DIRECTIONS FOR THIS TASK
Within the records below, filter for lines carrying the word "PolyView" and copy them.

EXTRACTED ENTRIES
//! The answers from the row of an element: all of it, or one polynomial, or mu.
ghost use Rattle.std.specs.Prelude.{◌≡◌, ◌<◌, List, length, IfSome, IfNone, ℕ};
ghost use Rattle.cox_base.specs.Matrix.{IsWord};
ghost use Rattle.cox_base.specs.Admissible.{IsCoxeterMatrix};
ghost use Rattle.cox_base.specs.IntegerMatrix.{integer_matrix};
ghost use Rattle.cox_base.specs.ShortLex.{normal_form};
ghost use Rattle.cox_base.specs.Bruhat.{IsBelow};
ghost use Rattle.std.specs.Fmt.{signed_decimal};
ghost use Rattle.cox_poly.specs.Polynomial.{coefficient};
ghost use Rattle.cox_poly.specs.Puts.{Puts};
ghost use Rattle.cox_hecke.specs.Row.{IsKazhdanLusztig, IsMu};
ghost use Rattle.cox_context.specs.Numbers.{word_at};
ghost use Rattle.cox_rows.specs.Holding.{HasRow};
ghost use Rattle.cox_replies.specs.InquiryQuestion.{IsRowText, IsEntryText};
ghost use Rattle.cox_replies.specs.Putting.{PutsSome};

use crate::pairs::{put_all_pairs, put_extremal_pairs};
use crate::sums::put_sums;
use cox_base::Word;
use cox_command::{EntryKind, RowKind};
use cox_minroots::RootTable;
use cox_poly::PolyView;
use cox_poly::append::{put_number, put_text};
use cox_print::NoMemory;
use cox_rows::Rows;

/// Puts the answer to a command on w, for the member w with the number i.
pub fn put_row_of(out: &mut Vec<u8>, rows: &Rows, i: u32, kind: RowKind) -> Result<(), NoMemory>
    requires group { IsCoxeterMatrix rows.now.elements.matrix }
    requires member { i < length rows.now.elements.members }
    requires there { HasRow rows.now i }
    ensures { (w : List ℕ) → word_at rows.now.elements.members i ≡ normal_form (integer_matrix rows.now.elements.matrix) w
        → PutsSome result (IsRowText kind (integer_matrix rows.now.elements.matrix) w) out.old.items out.new.items }
{
    match kind {
        RowKind::Klbasis => put_all_pairs(out, rows, i),
        RowKind::Ihbetti => put_sums(out, rows, i),
        RowKind::Extremals => put_extremal_pairs(out, rows, i),
    }
}

/// Puts the answer to a command on y and w, for the member w with the number i.
pub fn put_entry_of(
    out: &mut Vec<u8>,
    rows: &Rows,
    table: &RootTable,
    i: u32,
    kind: EntryKind,
    y: &Word,
) -> Result<(), NoMemory>
    requires group { IsCoxeterMatrix table.now }
    requires member { i < length rows.now.elements.members }
    requires there { HasRow rows.now i }
    requires table { table.now ≡ rows.now.elements.matrix }
    requires word { IsWord table.now.rank y.now.items }
    ensures { (w : List ℕ) → word_at rows.now.elements.members i ≡ normal_form (integer_matrix table.now) w
        → PutsSome result (IsEntryText kind (integer_matrix table.now) y.now.items w) out.old.items out.new.items }
{
    match kind {
        EntryKind::Pol => match polynomial_at(rows, table, i, y) {
            Some(polynomial) => polynomial.put_text(out),
            None => put_text(out, b"0"),
        },
        EntryKind::Mu => put_value(out, mu_at(rows, table, i, y)),
    }
}

/// P(y,w), for the member w with the number i; `None` where y <= w fails.
fn polynomial_at<'a>(rows: &'a Rows, table: &RootTable, i: u32, y: &Word) -> Option<PolyView<'a>>
    requires member { i < length rows.now.elements.members }
    requires there { HasRow rows.now i }
    requires table { table.now ≡ rows.now.elements.matrix }
    requires word { IsWord table.now.rank y.now.items }
    ensures value { IfSome result (λ p. IsKazhdanLusztig (integer_matrix table.now) y.now.items
        (word_at rows.now.elements.members i) (coefficient p)) }
    ensures none { IfNone result (¬ IsBelow (integer_matrix table.now) y.now.items (word_at rows.now.elements.members i)) }
{
    match rows.context().number_of(table, y) {
        Some(x) => rows.polynomial(i, x),
        None => None,
    }
}

/// mu(y,w), for the member w with the number i.
fn mu_at(rows: &Rows, table: &RootTable, i: u32, y: &Word) -> i32
    requires member { i < length rows.now.elements.members }
    requires there { HasRow rows.now i }
    requires table { table.now ≡ rows.now.elements.matrix }
    requires word { IsWord table.now.rank y.now.items }
    ensures { IsMu (integer_matrix table.now) y.now.items (word_at rows.now.elements.members i) result }
{
    match rows.context().number_of(table, y) {
        Some(x) => rows.mu(i, x),
        None => 0,
    }
}

/// Puts a value of mu.
fn put_value(out: &mut Vec<u8>, mu: i32) -> Result<(), NoMemory>
    ensures { Puts result (signed_decimal mu) out.old.items out.new.items }
{
    put_number(out, i128::from(mu))
}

REPLY TO THE TASK
use cox_poly::PolyView;
fn polynomial_at<'a>(rows: &'a Rows, table: &RootTable, i: u32, y: &Word) -> Option<PolyView<'a>>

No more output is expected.